UNITED STATES DISTRICT COURT CENTRAL DISTRICT OF CALIFORNIA


February 21, 2013

DC COMICS, PLAINTIFF,
v.
PACIFIC PICTURES CORPORATION ET AL., DEFENDANTS.

The opinion of the court was delivered by: Otis D. Wright, II United States District Judge

O

ORDER OVERRULING DEFENDANTS' OBJECTIONS TO DC COMICS' IMPROPER CROSS-MOTION FOR SUMMARY JUDGMENT [591]

The Court is wholly unsurprised to learn that Defendants object to Plaintiff DC Comics's Cross Motion for Summary Judgment, which it joined with its opposition to Defendants' February 4, 2013 Motion for Partial Summary Judgment as to Fourth, Fifth and Sixth Claims for Relief. So says the pot to the kettle. As DC points out, "[w]hen DC moved for summary judgment on its First and Third claims last summer, defendants both opposed that motion and cross-moved for summary judgment in their opposition papers. DN 462. DC replied to that opposition and cross-motion in one week, and took no extra pages to do so. DN 468." (ECF No. 592, at 2 (emphasis in original).) While Defendants' joint opposition and "cross-motion" DC refers to here was not formally noticed as a cross motion (as DC's Cross-Motion is here), its effect was the same. Because DC apparently intends to treat their present Cross-Motion similarly, *fn1 the Court will do the same: Defendants shall file their 12-page reply no later than February 25, 2012, as DC did with Defendants' earlier "cross-motion." The Court does not invite, nor will it accept, any further briefing on the matter, regardless whether styled as a sur-reply to Defendants' Motion or a reply to DC's Cross-Motion.
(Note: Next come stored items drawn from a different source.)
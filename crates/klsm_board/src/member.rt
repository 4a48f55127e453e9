//! What the members of a board do.
ghost use Rattle.std.specs.Prelude.{◌≡◌, ◌≢◌, ◌<◌, ◌≤◌, ◌+◌, ◌++◌, ◌↔◌, ℕ, List, [], ◌∷◌, length, IfOk, IfErr, OnOk, IsErrAnd, None};
ghost use Rattle.std.specs.Option.{option_to_list};
ghost use Rattle.klsm_run.specs.declared.item.Item.{Item};
ghost use Rattle.klsm_schedules.specs.declared.step.Entry.TheVariants.{Looked};
ghost use Rattle.klsm_schedules.specs.OwnSteps.{inserted, deleted};
ghost use Rattle.klsm_board.specs.Rule.{IsReached, own, view};
ghost use Rattle.klsm_board.specs.Steps.{HasFront};
ghost use Rattle.klsm_board.specs.Members.{most_deletions};
ghost use Rattle.klsm_board.specs.Boards.{Adds, IsOf, IsSame, known_of_others, own_steps};
ghost use Rattle.klsm_board.specs.Effects.{MeetsHolder, TakesEffect};
ghost use Rattle.klsm_board.specs.Inserting.{Inserts, InsertsWaiting, MissesOwn, RefusesInsert, RefusesInsertWaiting, stamp_of, stamped};
ghost use Rattle.klsm_board.specs.Deleting.{AnswersDeletion, AnswersWaiting, MissesDeletion, moving_at_most};
ghost use Rattle.klsm_board.specs.Sharing.{Shares, SharesWaiting, RefusesShare, RefusesShareWaiting};
ghost use Rattle.klsm_board.specs.Stealing.{Balances};
ghost use Rattle.klsm_board.specs.Bounding.{Bounds, BoundsWaiting, MissesSome, SeesAllLive};
ghost use Rattle.klsm_board.specs.Resting.{MissesRest, Rests, RestsWaiting};

use crate::board::{Board, Member};
use crate::bounding::{Bound, bound_now};
use crate::deleting::delete_now;
use crate::errors::{Busy, InsertError, ShareError, TryInsertError, TryShareError};
use crate::inserting::insert_now;
use crate::pausing::Pause;
use crate::resting::rest_now;
use crate::sharing::share_now;
use crate::stealing::balance_now;
use crate::steps::see_front;
use klsm_parts::Picker;
use klsm_run::{Item, Stamp};
use std::sync::Wait;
The Court also notes that the parties' tireless bickering regarding nearly every facet of this case-big and small-has become wearisome to say the least. The parties apparently fail to recognize that this is not the only case on the Court's docket. Further, the Court expects the parties to any litigation to behave as responsible, professional adults, especially on matters as mundane as Local Rule 7-3's meet-and-confer requirements. Obviously the Court has set its expectations far too high in this matter. The Court will not continue to implicitly condone the parties' thinly veiled gamesmanship. Thus, any further noticed motions, ex parte applications (unless truly an emergency), objections, and any similar filings related to motion timing, meet-and-confer requirements, and other procedural deficiencies shall be preceded by an in-person conference of all lead counsel in this matter prior to filing. The purpose of the Federal Rules' meet-and-confer requirement is to attempt an amicable resolution of disputed matters to abrogate the necessity of needless Court intervention; the requirement is not to be used as a sword to gain a tactical upper hand. Each filing must therefore contain a detailed record of the parties in-person meeting explaining what was discussed and precisely why the parties were unable to resolve the dispute themselves without resort once again to the Court. Failure to do so will result in sanctions.

IT IS SO ORDERED.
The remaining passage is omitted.